Joseph also had a son when he was 18. He was in the process of getting custody of his son when he went to jail. So, his son was adopted and lives in Texas now. Fornicola says he sees him every once in awhile, and he gets pictures, but he no longer plays the role of a father.
“It used to hurt a lot — it used to kill me,” he says. “But, it’s been a few years. You know, I kinda learned to accept it. But there’s still them days where it’s hard, where you see a little kid playin’ at a park with their dad, and you’re like, ‘Damn, I got a son that I don’t take care of.’ I think it’s more of an ego and a pride thing, as a man, you know? Like, [we’re] always taught to provide, protect and I’m not doin’ that. It hurts my pride.”
“But, at the time, you know, I was gang bangin’, sellin’ drugs, in and outta jail. I looked at it like, ‘What do I have to offer you?’ Like, ‘You bein’ around me, I’m gonna ruin your life.’ You always want better for your children. If that’s the best way to do it, then so be it.”
So, when his daughter came along, Fornicola knew it was time to sever ties with his past. “You know, we’d still do family cookouts, Father’s Day, kids’ birthdays. But, once I had my daughter, all that stopped.”
“Everything was about her; it wasn’t worth it to me no more,” Joseph says. “Like, there’s random events that you can’t control. Like, I leave with you and you get into somethin’, I’m guilty by association because I’m here. So, I’m not gonna risk getting shot or goin’ to jail and not makin’ it home to my daughter. It’s not worth it.”
He says it was hard saying goodbye to his childhood friends. “But I know that future,” says Fornicola. “A lot of them are dead or in jail. I mean, I keep in touch and check on ‘em — you know, ‘Hey, how you doin’?’ But, as far as runnin’ around with ‘em, I won’t do it.”
“Just to be able to come from that … it’s a great feelin’ to know I can wave at a cop and, you know, I can’t go to jail today,” says Joseph, adding that it makes him feel like a man. “It’s a big accomplishment. I know it’s small stuff but it feels good.”

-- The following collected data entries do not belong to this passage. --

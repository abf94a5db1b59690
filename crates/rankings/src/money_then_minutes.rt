// Money then minutes.
ghost use Rattle.rankings.specs.Models.{by_money_then_minutes};
ghost use Rattle.rankings.specs.Kept.{minutes_ordered, minutes_linear, minutes_some, minutes_mono};

use crate::ranking::Ranking;
use crate::rounding::PartByPart;

// Ranks by the first part, and by the second where the first parts are equal.
#[derive(Clone, Copy, Debug, PartialEq, Eq)]
pub struct MoneyThenMinutes;

impl Ranking for MoneyThenMinutes {
    ghost ranks = { λ _. by_money_then_minutes };

    ghost ordered = { λ _. minutes_ordered };

    ghost linear = { λ _. minutes_linear };

    ghost some = { λ _. minutes_some };

    fn no_dearer(&self, a: (i64, i64), b: (i64, i64)) -> bool {
        a <= b
    }
}

impl PartByPart for MoneyThenMinutes {
    ghost mono = { λ _. minutes_mono };
}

Now, Fornicola works as a cook, which he says he enjoys. “It pays the bills but not much more.”
He also does some side work at the Greater Milwaukee Auto Show that pays a bit more, but he’s looking for a career, and hoping to go back to school.
Above all, he’s looking forward to having a normal life. “Goin’ to work, comin’ home to a family, you know — wife and kids. It’s beautiful,” Joseph says. “I think that’s more meaningful than running around with your hat to the right or wearing a certain color — it gives you fulfillment.”